2. Access-list 100 on both routers defines the IP subnets that need to be encrypted between R1 and R2. Packets flowing between subnets 131.108.100.0/24 and 131.108.200.0/24 will be encrypted.

   R1's ACL is as follows:

   access-list 100 permit ip 131.108.100.0 0.0.0.255 131.108.200.0 0.0.0.255
   

   R2's ACL is as follows:

   access-list 100 permit ip 
                     131.108.200.0 0.0.0.255 131.108.100.0 0.0.0.255

3. The show crypto map IOS command displays the remote peer address and the transform set. The previous displays are taken from R1 because the remote peer address is displayed as 131.108.255.2 (R2's serial 0/0 IP address).
4. Yes, because IPSec has nothing to do with routing IP data, IPSec will encrypt only data as configured. R1 has a remote entry to the network residing on R2, and R2 has a remote entry to the network residing on R1. Traffic between A and C and B and C will not be encrypted; only traffic between A and B will be encrypted.

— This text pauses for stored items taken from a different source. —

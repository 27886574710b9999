//! Checks a proof. Nothing is mined.

ghost use Rattle.std.specs.Prelude.{◌≡◌, ◌≢◌, ◌↔◌, ◌≤◌, ◌<◌, ℕ, true, List, Err, IsTrue, IfOk, IfErr, OnOk, OnErr};
ghost use Rattle.text_ports.specs.Faults.{Rose};
ghost use Rattle.mine_model.specs.declared.fault.Fault.TheVariants.{Read, Write};
ghost use Rattle.mine_model.specs.declared.fault.Which.{Which};
ghost use Rattle.mine_model.specs.Names.{IsFileName};
ghost use Rattle.mine_model.specs.Text.{is_name_byte};
ghost use Rattle.pattern_proof.specs.ProofLines.{AreFileNames};
ghost use Rattle.proof_names.specs.Numberings.{fault_of};
ghost use Rattle.command_line.specs.Words.{check as to_check, SuitsTask, IsCommand, NamesFile};
ghost use Rattle.command_line.specs.Commands.{source_said, task_said, command_said};
ghost use Rattle.desq_run.specs.Said.{checked_text};
ghost use Rattle.desq_run.specs.Ends.{Input, IsInput, IsAnswerText, NeedsNoFile, MayEndWith};
ghost use Rattle.desq_run.specs.Tasks.{IsDone, IsJudged, Gains, GainsFirst};

use super::jobs::{NamedJob, read_job};
use arrayvec::ArrayString;
use command_line::Command;
use item_names::Names;
use itoa::Buffer;
use mine_model::{Fault, Item, Which, Work};
use pattern_proof::{ProofFault, read_proof};
use std::alloc::Global;
use std::thread::Threads;
use text_ports::{Failed, Files, Sink, write_all};

/// Whether the byte may stand in a name.
fn is_byte_of_name(byte: u8) -> bool
    ensures { result ≡ is_name_byte byte }
{
    32 < byte && byte != 127
}

/// Whether the name may stand in a file.
fn is_file_name(name: &[u8]) -> bool
    ensures { IsTrue result ↔ IsFileName name.now }
{
    !name.is_empty() && name.iter().all(|byte| is_byte_of_name(*byte))
}

/// Whether all names may stand in files.
fn are_file_names(names: &Names) -> bool
    ensures { IsTrue result ↔ AreFileNames names.now }
{
    for number in 0..names.count() {
        if !is_file_name(names.text(Item(number))) {
            return false;
        }
    }
    true
}

/// The same fault, of the proof.
fn fault_in(fault: ProofFault) -> Fault
    ensures { result ≡ fault_of fault }
{
    match fault {
        ProofFault::ReadFault => Fault::Read { file: Which::Proof },
        ProofFault::TooLarge => Fault::TooLarge { file: Which::Proof },
        ProofFault::BadByte { line, column } => Fault::BadByte {
            file: Which::Proof,
            line,
            column,
        },
        ProofFault::NameTooLong { line, column } => Fault::NameTooLong {
            file: Which::Proof,
            line,
            column,
        },
        ProofFault::BadProof { line } => Fault::BadProof { line },
        ProofFault::NoMemory => Fault::NoMemory,
    }
}

/// Judges the proof in the file of this name. The answer is the number of its rows.
fn judge<R: Threads + Sync, F: Files>(
    rt: &R,
    alloc: Global,
    command: &Command,
    proof: &str,
    files: &mut F,
) -> Result<u64, Fault>
    requires may { (file : List ℕ) → NamesFile (command_said command.now) file
        → IsTrue (F.may files.old file) }
    requires threshold { 1 ≤ command.now.threshold }
    requires task { task_said command.now.task ≡ to_check proof.now }
    requires suits { SuitsTask (task_said command.now.task) (command_said command.now) }
    ensures judged { (words : List (List ℕ)) → IsCommand words (command_said command.now)
        → IfOk result (λ rows. IsJudged words (F.holds files.old) (command_said command.now) rows) }
    ensures ends { (words : List (List ℕ)) → IsCommand words (command_said command.now)
        → IfErr result (λ fault. MayEndWith words (F.holds files.old) (Err fault)) }
    ensures read_fault { (file : Which) → result ≡ Err (Read file)
        → Rose (F.faults files.old) (F.faults files.new) }
    ensures no_write { result ≢ Err Write }
    ensures untouched { NeedsNoFile (source_said command.now.source) → files.new ≡ files.old }
    ensures same_names { F.may files.new ≡ F.may files.old }
    ensures same_files { F.holds files.new ≡ F.holds files.old }
    ensures never_falls { F.faults files.old ≤ F.faults files.new }
{
    let NamedJob { names, job } = read_job(rt, alloc, command, files)?;
    // The readers make names of name bytes alone, so no other is ever met. Their contracts say so where a
    // file tells what it holds, and for all others it is tried here.
    if !are_file_names(&names) {
        return Err(Fault::NoMemory);
    }
    match read_proof(alloc, files, proof, &job, &names) {
        Ok(rows) => Ok(rows),
        Err(fault) => Err(fault_in(fault)),
    }
}

/// What is told of a proof that is good. It takes no memory.
type Told = ArrayString<40>;

/// What is told of a good proof with so many rows.
fn told_of(rows: u64) -> Told
    ensures { result.bytes ≡ checked_text rows }
{
    let mut text = Told::new();
    let mut digits = Buffer::new();
    text.push_str("checked ");
    text.push_str(digits.format(rows));
    text.push_str(" rows\n");
    text
}

/// Checks the proof in the file of this name, and writes how many rows it has. A check has no work.
pub(crate) fn check<R: Threads + Sync, F: Files, O: Sink>(
    rt: &R,
    alloc: Global,
    command: &Command,
    proof: &str,
    files: &mut F,
    out: &mut O,
) -> Result<Work, Fault>
    requires may { (file : List ℕ) → NamesFile (command_said command.now) file
        → IsTrue (F.may files.old file) }
    requires threshold { 1 ≤ command.now.threshold }
    requires task { task_said command.now.task ≡ to_check proof.now }
    requires suits { SuitsTask (task_said command.now.task) (command_said command.now) }
    ensures done { (words : List (List ℕ)) → IsCommand words (command_said command.now)
        → IfOk result (λ work. IsDone words (F.holds files.old) (command_said command.now) work) }
    ensures ends { (words : List (List ℕ)) → IsCommand words (command_said command.now)
        → IfErr result (λ fault. MayEndWith words (F.holds files.old) (Err fault)) }
    ensures written { OnOk result ((words : List (List ℕ)) (input : Input)
        → IsCommand words (command_said command.now) → IsInput words (F.holds files.old) input
        → Gains (IsAnswerText input) (O.written out.old) (O.written out.new)) }
    ensures cut { result ≡ Err Write → (words : List (List ℕ)) (input : Input)
        → IsCommand words (command_said command.now) → IsInput words (F.holds files.old) input
        → GainsFirst (IsAnswerText input) (O.written out.old) (O.written out.new) }
    ensures unchanged { OnErr result (result ≢ Err Write → O.written out.new ≡ O.written out.old) }
    ensures read_fault { (file : Which) → result ≡ Err (Read file)
        → Rose (F.faults files.old) (F.faults files.new) }
    ensures write_fault { result ≡ Err Write → Rose (O.faults out.old) (O.faults out.new) }
    ensures untouched { NeedsNoFile (source_said command.now.source) → files.new ≡ files.old }
    ensures same_names { F.may files.new ≡ F.may files.old }
    ensures same_files { F.holds files.new ≡ F.holds files.old }
    ensures never_falls { (F.faults files.old ≤ F.faults files.new) × (O.faults out.old ≤ O.faults out.new) }
{
    let rows = judge(rt, alloc, command, proof, files)?;
    match write_all(out, told_of(rows).as_str().as_bytes()) {
        Ok(()) => Ok(Work {
            nodes: 0,
            parts: 0,
            candidates: 0,
        }),
        Err(Failed) => Err(Fault::Write),
    }
}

   Here is a sample ping request from R2 to R1 and Host A and Host C:

   R2>ping 131.108.100.1
   Type escape sequence to abort.
   Sending 5, 100-byte ICMP Echos to 131.108.100.1, timeout is 2 seconds:
   !!!!!
   Success rate is 100 percent (5/5), round-trip min/avg/max = 4/6/8 ms
   R2>
   R2>ping 131.108.101.1
   Type escape sequence to abort.
   Sending 5, 100-byte ICMP Echos to 131.108.101.1, timeout is 2 seconds:
   !!!!!
   Success rate is 100 percent (5/5), round-trip min/avg/max = 4/6/8 ms
   R2>
   R2>ping 131.108.100.5
   Type escape sequence to abort.
   Sending 5, 100-byte ICMP Echos to 131.108.100.5, timeout is 2 seconds:
   !!!!!
   Success rate is 100 percent (5/5), round-trip min/avg/max = 4/6/8 ms
   R2>
   R2>ping 131.108.101.5
   Type escape sequence to abort.
   Sending 5, 100-byte ICMP Echos to 131.108.105.1, timeout is 2 seconds:
   !!!!!
   Success rate is 100 percent (5/5), round-trip min/avg/max = 4/6/8 ms

5. Because the source network is located on R1, access-list 100 on R1 needs to be modified, remembering that, by default, an implicit deny is defined on ACL 100. Network 131.108.101.0/24 is only permitted to encrypt traffic to the static IP address 131.108.200.5, hence the ACL line required on R1 becomes the following:

   access-list 100 permit ip 131.108.100.5 0.0.0.0 131.108.200.0 0.0.0.255
   access-list 100 permit ip 131.108.101.0 0.0.0.255 131.108.200.5 0.0.0.0

   or:

   access-list 100 permit ip 131.108.100.5 0.0.0.0 131.108.200.0 0.0.0.255
   access-list 100 permit ip 131.108.101.0 0.0.0.255 host 131.108.200.5

   On R2 the access list becomes:

   access-list 100 permit ip 131.108.200.0 0.0.0.255 131.108.101.0 0.0.0.255
   access-list 100 permit ip 131.108.200.5 0.0.0.0 131.108.100.0 0.0.0.255

   IP routing is already configured and working. IPSec will ensure only that IP data is encrypted.